┌──

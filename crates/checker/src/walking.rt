// A walk along letter pairs.
ghost use Rattle.std.specs.Prelude.{◌≡◌};
ghost use Rattle.checker.specs.Inner.Walk.{Walks};
ghost use Rattle.route.specs.Ours.{read_moves};

use crate::discs::Discs;
use plan::Task;

// How many moves were made, and whether they lead to the goal.
// Stays: a flag beside the count and no `Option`, since both are asked of every walk, wherever it leads.
#[derive(Clone, Copy)]
pub struct Walked {
    pub made: usize,
    pub there: bool,
}

// Makes the moves of letter pairs from a start on, up to the first pair that is no legal move.
#[tactic(auto, using(crate::proofs::Walks::walking))]
pub fn walk(task: &Task, letters: &[u8]) -> Walked
    ensures { Walks task.now.start.now (read_moves letters.now) task.now.goal.now result }
{
    if task.start.is_empty() {
        return Walked {
            made: 0,
            there: true,
        };
    }
    let mut discs = Discs::of(task);
    let (pairs, _) = letters.as_chunks::<2>();
    let mut made = 0;
    // Stays: `take_while` and `count` would be no plainer, since each move changes the discs of which the next one is asked.
    for [from, to] in pairs {
        if !discs.make(*from as usize, *to as usize) {
            break;
        }
        made += 1;
    }
    Walked {
        made,
        there: discs.stand(task),
    }
}
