// Discs on their pegs, as a walk keeps them. Discs 1 and 2 are known by the letters of their pegs, and the larger discs by their topmost
// ones: a move of disc 1 or 2 changes one number, any other move three.
ghost use Rattle.std.specs.Prelude.{List, ◌≡◌, ℕ, ◌+◌, ◌<◌, ◌≤◌, cond, min, length, drop};
ghost use Rattle.board.specs.Fewest.{same};
ghost use Rattle.board.specs.Task.{limit};
ghost use Rattle.checker.specs.Inner.Walk.{letter_of, Kept, may_move, made};
ghost use Rattle.run.specs.Inner.Pegs.{disc_on};

use crate::letters::{A, is_letter};
use crate::taking::take_off;
use plan::Task;
use run::pegs::Pegs;

// The letters of the pegs of discs 1 and 2, the second one NONE where there is no disc 2, and the pegs of the larger discs.
#[derive(Clone, Copy)]
pub struct Discs {
    pub small: usize,
    pub second: usize,
    pub larger: Pegs,
}

// No letter: more than any byte is.
// Stays: tried, with an `Option` the walk was a tenth slower, and no longer ahead of `hinz_check`, the bar (docs/CHANGES.md, 14).
const NONE: usize = 256;

// How many discs are known by their letters: the two smallest, or as many as there are.
fn apart(n: usize) -> usize
    ensures { result ≡ min n 2 }
{
    n.min(2)
}

// The letter of disc 2's peg, or NONE where there is no such disc.
#[tactic(auto, using(crate::proofs::Pairs::letter_none, crate::proofs::Pairs::letter_second))]
fn second_letter(position: &[u8]) -> usize
    ensures { result ≡ letter_of (drop 1 position.now) }
{
    match position {
        [_, second, ..] => A + *second as usize,
        _ => NONE,
    }
}

impl Discs {
    // The discs at the start of a task that has some.
    #[tactic(auto, using(crate::proofs::Taken::larger_part, crate::proofs::Taken::larger_fits))]
    pub fn of(task: &Task) -> Discs
        requires { 0 < length task.now.start.now }
        ensures { Kept result task.now.start.now }
    {
        let start = task.start;
        Discs {
            small: A + start[0] as usize,
            second: second_letter(start),
            larger: Pegs::of(&start[apart(start.len())..]),
        }
    }

    // Makes the move of two bytes if it is legal, and says whether it was. None goes to the peg of disc 1, which may go to any other; then
    // none to that of disc 2, which may go to any other; a larger disc goes onto a larger one.
    #[tactic(auto, using(crate::proofs::Pairs::letter_above, crate::proofs::Pairs::letter_place), unfolding(crate::specs::Inner::Walk::may_move, crate::specs::Inner::Walk::made))]
    pub fn make(&mut self, from: usize, to: usize) -> bool
        requires { (i : ℕ) → i < 3 → (0 < disc_on self.old.larger.top i) × (disc_on self.old.larger.top i ≤ limit + 1) }
        ensures value { result ≡ may_move self.old.small self.old.second self.old.larger.top from to }
        ensures after { self.new ≡ cond result (made self.old from to) self.old }
    {
        if !is_letter(to) || to == self.small {
            return false;
        }
        if from == self.small {
            self.small = to;
            return true;
        }
        if to == self.second {
            return false;
        }
        if from == self.second {
            self.second = to;
            return true;
        }
        if !is_letter(from) || self.larger.top[to - A] <= self.larger.top[from - A] {
            return false;
        }
        self.larger.carry(from - A, to - A);
        true
    }

    // Whether they stand as in the goal of a task that has some.
    #[tactic(auto, using(std::proofs::lemmas::Bool::Decides::nat_tests, crate::proofs::Taken::stands))]
    pub fn stand(&self, task: &Task) -> bool
        requires { 0 < length task.now.goal.now }
        ensures { (p : List ℕ) → Kept self.now p → length p ≡ length task.now.goal.now → result ≡ same p task.now.goal.now }
    {
        let goal = task.goal;
        self.small == A + goal[0] as usize
            && self.second == second_letter(goal)
            && take_off(&self.larger, &goal[apart(goal.len())..])
    }
}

└──

*WHAT YOU HAVE TO DO*:
The expected result is every line above containing the string "Walked".

*TASK OUTPUT*:
pub struct Walked {
pub fn walk(task: &Task, letters: &[u8]) -> Walked
        return Walked {
    Walked {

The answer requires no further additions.